By Stephen Grey, Jason Bush and Roman Anin

Published on Reuters.com

THE LEADER: President Vladimir Putin, here in the Kremlin in late March, stabilised Russia’s economy and re-established its regional power. But corruption remains widespread. REUTERS/Alexei Druzhinin/RIA Novosti/Kremlin
Part 1: Two associates of President Vladimir Putin profited from a state scheme to buy expensive medical equipment – and sent money to Swiss bank accounts linked to a property known as “Putin’s palace”

Русский язык (Russian translation)

MOSCOW – In 2005, President Vladimir Putin personally ordered up a vast programme to improve Russia’s poor healthcare facilities. Five years later, authorities found that suppliers were charging some hospitals two or even three times too much for vital gear such as high-tech medical scanners.

Dmitry Medvedev, serving as Putin’s hand-picked successor at the time, went on national television to denounce the alleged scam.
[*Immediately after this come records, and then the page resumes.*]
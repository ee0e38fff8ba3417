//! Shorter derivations.

ghost use Rattle.std.specs.Prelude.{◌≤◌, IfOk, length};

use crate::joins::join_ends;
use crate::needed::{copied, drop_needless};
use crate::walk::with_simpler_covers;
use derivation::Log;
use geo_base::MAX_DIMS;
use geo_conditions::{Cond, State};
use std::alloc::{AllocError, Global};

/// Events that are to show the same of the first state as those of the record, and are no more than
/// they are. Whether they do is asked of `is_derivation`.
pub fn shortened<const K: usize>(
    alloc: Global,
    conditions: &[Cond],
    first: &State<K>,
    log: &Log,
) -> Result<Log, AllocError>
    requires { K ≤ MAX_DIMS }
    ensures { IfOk result (λ shorter. length shorter.events ≤ length log.now.events) }
{
    let mut shorter = with_simpler_covers(alloc, conditions, first, log.events())?;
    drop_needless::<K>(alloc, conditions, &mut shorter)?;
    join_ends(&mut shorter);
    if shorter.events().len() <= log.events().len() {
        Ok(shorter)
    } else {
        copied(alloc, log.events())
    }
}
The perpetrators, he said, had engaged in “absolutely cynical, loutish theft of state money.” Medvedev instructed Russia’s top law enforcement agencies to make sure that “everyone who participated in this is seriously and sternly punished.”

Suspects were rounded up in far-flung places, and in 2012 the police ministry said 104 people had been charged in connection with overpriced scanners. Several local officials and business executives were convicted of fraud and sent to prison.

But a Reuters investigation has found that two wealthy associates of Putin engaged in the same profiteering and suffered no penalty.

They sold medical equipment for at least $195 million to Russia and sent a total of $84 million in proceeds to Swiss bank accounts, according to bank records reviewed by Reuters. The records also indicate that at least 35 million euros ($48 million) from those accounts were funnelled to a company that then helped construct a luxury property near the Black Sea known as “Putin’s palace” – a nickname earned after a businessman alleged that the estate was built for Putin. The Russian leader has denied any connection to the property.

These findings are part of a Reuters investigation into how associates of the Kremlin profit from state contracts in the Putin era. This and a later article examine what became of the president’s grand hospital undertaking. Another story, drawing on a confidential database of Russian bank records, will explore billions of dollars in spending on state railway contracts.